Using the whole exome-sequencing, a missense mutation in the SDHD gene, NM_003002: c.A305G, p.H102R (chr11: 111959726, rs104894302), was determined in the VPGL (Additional file 1). This was the same mutation that was identified in Patient 6 (described above).

According to the COSMIC database, we found likely pathogenic variants that were earlier detected in other malignancies: TLL1 (COSM1671424; colorectal cancer), CDH8 (COSM972084; endometrial, pancreatic, and skin cancer), ANAPC5 (COSM936016; endometrial cancer), ACAN (COSM3690591, COSM3690590; colon cancer), C7orf72 (COSM3698459; colon cancer), and ZNF599 (COSM328007; pancreatic cancer).

Additionally, likely pathogenic variants were revealed in well-known tumor-associated genes. For example, variant NM_004996: c.C3901T, p.R1301C (chr16: 16225727, rs201533167) was detected in the ABCC1 gene; this variant seems to be pathogenic according to all the prediction tools used for analysis. ABCC1 belongs to the superfamily of ATP-binding cassette (ABC) transporters and plays an important role in the response to cancer chemotherapy [87]. The ALDH1L1 gene, in which we found the likely pathogenic variant NM_012190: c.G68A, p.G23D (chr3: 125879755, rs143122118), is a potential tumor suppressor gene, encoding for a protein involved in folate metabolism [88]. A likely pathogenic variant NM_007194: c.T1091C, p.I364T (chr22: 29092893, rs774179198) was revealed in the CHEK2 gene, which is commonly mutated in hereditary cancer [89]. In COL4A1, a variant NM_001845: c.G4442A, p.R1481Q (chr13: 110814597, rs376607450) was observed. COL4A1 encodes for the type IV collagen alpha protein that can contribute to tumor cell migration and invasiveness [90]. In the MADD gene, a novel stop-gain variant NM_003682: c.C2077T, p.Q693X (chr11: 47306036) was found. This gene is involved in tumor cell growth and metastasis [91]. In this patient’s VPGL, we also observed a variant NM_015641: c.G1123A, p.V375M (chr7: 115897393, rs202205760) in TES, a tumor suppressor gene involved in the regulation of tumorigenesis, angiogenesis, and metastasis [92]. Additionally, a likely pathogenic variant NM_017672: c.C1337G, p.A446G (chr15: 50916466) in the TRPM7 gene was found. This gene encodes for a protein that acts as both an ion channel and a serine/threonine-protein kinase. A few studies considered TRPM7 as a potential biomarker and therapeutic target for many tumors, including pancreatic, breast, gastric, and ovarian cancers, glioblastoma, T cell leukemia, and hypopharyngeal squamous cell carcinoma [93].

Conclusions

In this study, exome data of 8 female patients with VPGL were analyzed.

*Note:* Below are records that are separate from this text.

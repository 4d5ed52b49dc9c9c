// Series of writes with drains and buffer changes between them: a theorem. This crate has no code.

#![tactic(auto)]
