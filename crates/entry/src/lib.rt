// The C entry (include/cards.h): a script in, its listing out; `sheets` has the functions on sheets. `cards_run` has no condition; `newlines`
// beneath it has one, on a length.
#![tactic(auto)]

mod sheets;

ghost use Rattle.std.specs.Prelude.{◌≡◌, ◌++◌, ◌+◌, ◌≤◌, ◌<◌, leb, length, drop};
ghost use Rattle.decimal.specs.Bytes.{byte};
ghost use Rattle.table.specs.Pieces.{pieces, lines};
ghost use Rattle.runner.specs.Listing.{listing};
ghost use Rattle.runner.specs.Runs.{ScriptRuns};
ghost use Rattle.entry.specs.Fitting.{whole_or_none, output_after};
ghost use Rattle.entry.specs.Enough.{Enough, enough_for};

use runner::{Reading, inside};

// How many bytes of the script are run at a time.
const CHUNK: usize = 512;

// How many bytes of text they may need: each may end a line, which takes up to 32.
const TEXT: usize = CHUNK * runner::LINE_ROOM;

// How many bytes of the script are counted at a time: a multiple of 32, for the compiler, whose newlines a byte can count.
const BLOCK: usize = 224;

// How many bytes the heading takes.
const HEADING: usize = 18;

// How many bytes are enough for any line of a listing.
const LINE: usize = 29;

// Lists the script over the first bytes of the output and answers how many bytes that is. A listing that is longer than the output is
// refused (12): the answer is 0 and the output is untouched. An output of 18 bytes, and 29 for each line of the script, is enough, and one
// of 29,000,047 for every script (specs/Enough.antt). The claim about whole runs holds of this script: of the calls from each accepted
// setup to the next setup, with the answers that the listing has on their lines (runner's specs/Runs.antt).
//
// An output that is enough for any script of as many lines is filled at once; for another, the script is run twice, first to see how
// long its listing is.
#[unsafe(no_mangle)]
pub extern "C" fn cards_run(script: &[u8], output: &mut [u8]) -> usize
    ensures count { result ≡ length (whole_or_none (listing script.now) output.old) }
    ensures bytes { output.new ≡ output_after (listing script.now) output.old }
    ensures enough { Enough script.now output.old result }
    ensures runs { ScriptRuns script.now }
{
    if is_enough(output.len(), lines_of(script)) {
        return list_into(script, output);
    }
    let n = list_into(script, &mut output[..0]);
    if output.len() < n {
        return 0;
    }
    list_into(script, output)
}

// How many lines the script has, an empty one counted as one: a line begins at the start and after each newline but one at the end.
fn lines_of(script: &[u8]) -> usize
    ensures { (1 ≤ result) × (length (lines script.now) ≤ result) }
{
    let [before @ .., _] = script else {
        return 1;
    };
    // whole blocks, whose length the compiler knows, and what they leave
    let blocks = before.chunks_exact(BLOCK);
    let rest = blocks.remainder();
    let mut n = 1;
    for block in blocks {
        n += newlines(block) as usize;
    }
    n + newlines(rest) as usize
}

// How many newlines a block has: one fewer than the pieces between them. Counted in a byte, so that the compiler
// compares 16 at a time: `filter` and `count` over the whole script cost 8 instructions a line more.
fn newlines(block: &[u8]) -> u8
    requires { length block.now < 256 }
    ensures { (length (pieces (byte "\n") block.now) ≡ result + 1) × (result ≤ length block.now) }
{
    let mut n = 0;
    for b in block {
        if *b == b'\n' {
            n += 1;
        }
    }
    n
}

// Whether so many bytes are enough for the listing of any script of that many lines: 18, and 29 for each line.
fn is_enough(bytes: usize, lines: usize) -> bool
    ensures { result ≡ leb (enough_for lines) bytes }
{
    HEADING <= bytes && lines <= (bytes - HEADING) / LINE
}

// How long the script's listing is. Where the output has room for all of it, it is the output's first part, and the bytes after it keep
// what they held.
fn list_into(script: &[u8], output: &mut [u8]) -> usize
    ensures count { result ≡ length (listing script.now) }
    ensures bytes { result ≤ length output.old → output.new ≡ listing script.now ++ drop result output.old }
{
    let mut committed = [0u32; runner::COMMITTED_WORDS];
    let mut pending = [0u32; runner::PENDING_WORDS];
    let mut text = [0u8; TEXT];
    let mut total = listing::put_heading(&mut text);
    listing::put_bytes(output, 0, &text[..total]);
    let mut reading = Reading::start();
    for chunk in script.chunks(CHUNK) {
        let fed = inside::feed(reading, chunk, &mut committed, &mut pending, &mut text);
        reading = fed.reading;
        listing::put_bytes(output, total, &text[..fed.written]);
        total += fed.written;
        if !reading.going {
            break;
        }
    }
    let k = inside::finish(reading, &mut committed, &mut pending, &mut text).written;
    listing::put_bytes(output, total, &text[..k]);
    total + k
}
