// The C functions on sheets (include/cards.h): the levels of the tasks of any sheet, and of the sheet that the kit ships with. They have no
// condition; `put_words` beneath them asks for room.
ghost use Rattle.std.specs.Prelude.{◌≡◌, ◌++◌, ◌*◌, ◌/◌, ◌≤◌, length, drop, get_or};
ghost use Rattle.taskset.specs.Levels.{no_level};
ghost use Rattle.sheet.specs.Sheet.{sheet_tasks};
ghost use Rattle.sheet.specs.Shipped.{shipped_sheet, shipped_levels};
ghost use Rattle.entry.specs.Fitting.{whole_or_none, output_after};
ghost use Rattle.entry.specs.Words.{level_words, sheet_words, RightWords};

use sheet::shipped;
use taskset::Level;

// Puts three words for each task of the sheet, in its order, over the first words: task, task level, transaction level; and answers how
// many tasks there are. Bytes that are no sheet, and words too few for its tasks, are refused (13): the answer is 0 and no word is touched.
#[unsafe(no_mangle)]
pub extern "C" fn cards_levels(sheet: &[u8], levels: &mut [u32]) -> usize
    ensures count { result ≡ length (whole_or_none (sheet_words sheet.now) levels.old) / 3 }
    ensures words { levels.new ≡ output_after (sheet_words sheet.now) levels.old }
    ensures paper { RightWords (sheet_tasks sheet.now) result levels.new }
{
    let Ok(given) = sheet::levels(sheet) else {
        return 0;
    };
    let n = given.count;
    if levels.len() / 3 < n {
        return 0;
    }
    put_words(&given.list[..n], levels);
    n
}

// Puts the words of the levels over the first words.
fn put_words(given: &[Level], words: &mut [u32])
    requires { 3 * length given.now ≤ length words.old }
    ensures { words.new ≡ level_words given.now ++ drop (3 * length given.now) words.old }
{
    for (i, level) in given.iter().enumerate() {
        let three = [
            level.number as u32,
            level.task as u32,
            level.transaction as u32,
        ];
        words[3 * i..3 * i + 3].copy_from_slice(&three);
    }
}

// Puts the bytes of the shipped sheet over the first bytes of the output, and answers how many they are. Where the output is shorter, the
// answer is 0 and the output is untouched.
#[unsafe(no_mangle)]
pub extern "C" fn cards_shipped_sheet(output: &mut [u8]) -> usize
    ensures count { result ≡ length (whole_or_none shipped_sheet output.old) }
    ensures bytes { output.new ≡ output_after shipped_sheet output.old }
{
    let bytes = shipped::sheet();
    listing::put_bytes(output, 0, &bytes)
}

// How many tasks the shipped sheet has.
#[unsafe(no_mangle)]
pub extern "C" fn cards_shipped_tasks() -> usize
    ensures { result ≡ length shipped_levels }
{
    shipped::TASKS
}

// The number of its task at a place; 0 past the last.
#[unsafe(no_mangle)]
pub extern "C" fn cards_shipped_task(place: usize) -> u32
    ensures { result ≡ (get_or shipped_levels place no_level).number }
{
    shipped::level(place).number as u32
}

// The level of its task at a place; 0 past the last.
#[unsafe(no_mangle)]
pub extern "C" fn cards_shipped_task_level(place: usize) -> u32
    ensures { result ≡ (get_or shipped_levels place no_level).task }
{
    shipped::level(place).task as u32
}

// The level of the transaction of its task at a place; 0 past the last.
#[unsafe(no_mangle)]
pub extern "C" fn cards_shipped_transaction_level(place: usize) -> u32
    ensures { result ≡ (get_or shipped_levels place no_level).transaction }
{
    shipped::level(place).transaction as u32
}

In 6 of them, we revealed the existence of pathogenic/likely pathogenic variants of genes encoding for components of the SDH complex (SDHB, SDHD, SDHAF3, and SDHAF4), confirming their high mutation frequency not only in paragangliomas and pheochromocytomas but also in VPGLs as distinct tumor types. Moreover, likely pathogenic variants were identified in different tumor-associated genes as well as variants that have previously been found in common tumors, such as lung, colorectal, endometrial, and renal cancers. Our results indicate a high heterogeneity among VPGLs that is supported by a wide number of identified pathogenic/likely pathogenic variants in different genes (besides mutations in SDHx/SDHAF1–4 genes) in each patient. Obtained data contribute to a better understanding of involvement of specific genes and possible molecular mechanisms in the pathogenesis of this kind of tumor.